In this article we clarify 5 things to know about the functioning of the 2 Node Proxmox VE Cluster.

1. What happens if a node fails

Cluster operation even if Proxmox Backup Server suddenly crashes

Starting from the scheme with the PBS (Proxmox Backup Server) node, Node A and Node B.

Assuming that one of the three nodes fails.

Absolutely nothing happens at a cluster level, because you have to think of the 2 node cluster as if it were a 3 node cluster from a quorum perspective.

For example, if Proxmox Backup Server suddenly fails, absolutely nothing happens. The important thing is to keep at least two nodes runnign out of 3, as per Proxmox specifications.

Furthermore, you can easily migrate a virtual machine from Node A to Node B and from Node B to Node A in live mode, i.e. without shutting down the resources.

For example, a running VM can be migrated live from Node A to Node B, regardless of whether the replicas are scheduled or not.

If the replicas are scheduled, when migrating a virtual machine from Node A to Node B, replication tasks will automatically be reversed, so it will be from Node B to Node A.

2. How to determine the amount of storage

Virtual Machines replicas

Let’s take a practical example to understand how much storage to allocate.

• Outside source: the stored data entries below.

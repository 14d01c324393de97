//! Statements on databases, regions and tables. Source: CockroachDB's documentation of multi-region
//! SQL, in this project's profile.

use mr_base::{Bytes, CloneIn, ListOf, Memory};
use std::alloc::Global;

/// What a database is to survive.
#[derive(Clone, Copy, PartialEq, Eq)]
pub enum Goal {
    /// The loss of one zone.
    Zone,
    /// The loss of one region.
    Region,
}

/// Where a table's rows live.
#[derive(Drop)]
pub enum Locality {
    /// REGIONAL BY TABLE IN PRIMARY REGION
    InPrimary,
    /// REGIONAL BY TABLE IN a region
    InRegion { region: Bytes },
    /// REGIONAL BY ROW
    ByRow,
    /// GLOBAL
    Global,
}

/// The type of a column.
#[derive(Clone, Copy)]
pub enum ColumnType {
    /// INT, INT8 or BIGINT: an i64
    Int,
    /// STRING or TEXT
    String,
    Bool,
}

/// What a column says of keys.
#[derive(Clone, Copy)]
pub enum ColumnKey {
    Plain,
    /// PRIMARY KEY
    Primary,
    /// UNIQUE
    Unique,
}

/// An item of CREATE TABLE.
#[derive(Drop)]
pub enum Item {
    Column {
        name: Bytes,
        ty: ColumnType,
        not_null: bool,
        key: ColumnKey,
    },
    /// PRIMARY KEY of these columns
    Key {
        columns: ListOf<Bytes>,
    },
}

/// A statement on a database, its regions or its tables.
#[derive(Drop)]
pub enum RegionStatement {
    CreateDatabase {
        name: Bytes,
        primary: Option<Bytes>,
        regions: ListOf<Bytes>,
        goal: Option<Goal>,
    },
    Use {
        name: Bytes,
    },
    /// ALTER DATABASE .. SET PRIMARY REGION
    SetPrimary {
        database: Bytes,
        region: Bytes,
    },
    /// ALTER DATABASE .. ADD REGION
    AddRegion {
        database: Bytes,
        region: Bytes,
    },
    /// ALTER DATABASE .. DROP REGION
    DropRegion {
        database: Bytes,
        region: Bytes,
    },
    /// ALTER DATABASE .. SURVIVE ZONE FAILURE or REGION FAILURE
    Survive {
        database: Bytes,
        goal: Goal,
    },
    /// ALTER DATABASE .. PLACEMENT RESTRICTED or DEFAULT
    Placement {
        database: Bytes,
        restricted: bool,
    },
    CreateTable {
        name: Bytes,
        items: ListOf<Item>,
        locality: Option<Locality>,
    },
    /// ALTER TABLE .. SET LOCALITY
    SetLocality {
        table: Bytes,
        locality: Locality,
    },
}

impl CloneIn for Locality {
    fn clone_in(&self, alloc: Global) -> Result<Locality, Memory> {
        match self {
            Locality::InPrimary => Ok(Locality::InPrimary),
            Locality::InRegion { region } => Ok(Locality::InRegion {
                region: region.clone_in(alloc)?,
            }),
            Locality::ByRow => Ok(Locality::ByRow),
            Locality::Global => Ok(Locality::Global),
        }
    }
}

impl CloneIn for ColumnType {
    fn clone_in(&self, _alloc: Global) -> Result<ColumnType, Memory> {
        Ok(*self)
    }
}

Suppose we have 6 virtual machines on the Cluster: 3 VMs on Node A and 3 VMs on Node B, and each virtual machine (for simplicity) is 100GB.

Overall, about 300 GB will be allocated to Node A’s storage. Same thing for node B.

Assuming to schedule the replicas of all VMs, from Node A to Node B, and vice versa. 300GB for VMs and 300GB for replicas must be considered on each node.

The total of each node will therefore be 600 GB.

The file system will try to optimize the space, so it won’t be 600 GB but it will be a little less. We’re going a little bit larger to be safe, so we’re looking at 600GB.

It is not requited to have replicas of all resources (VM or CT) from Node A to Node B.

For example, if one of the virtual machines on Node A is a machine with unimportant services and therefore you don’t want to replicate to Node B, (Node B could perhaps be considered as purely a backup node).

In this case, resource replication tasks are not created, and consequently 100GB must be removed from the replicas. So overall on Node B (destination host) there will no longer be 600GB but 500GB occupied.

It therefore depends on how the Cluster is set up and in particular the replicas: if you want everything to be redundant from Node A to Node B and vice versa.

A span-metric calculation could always consider double the allocated storage.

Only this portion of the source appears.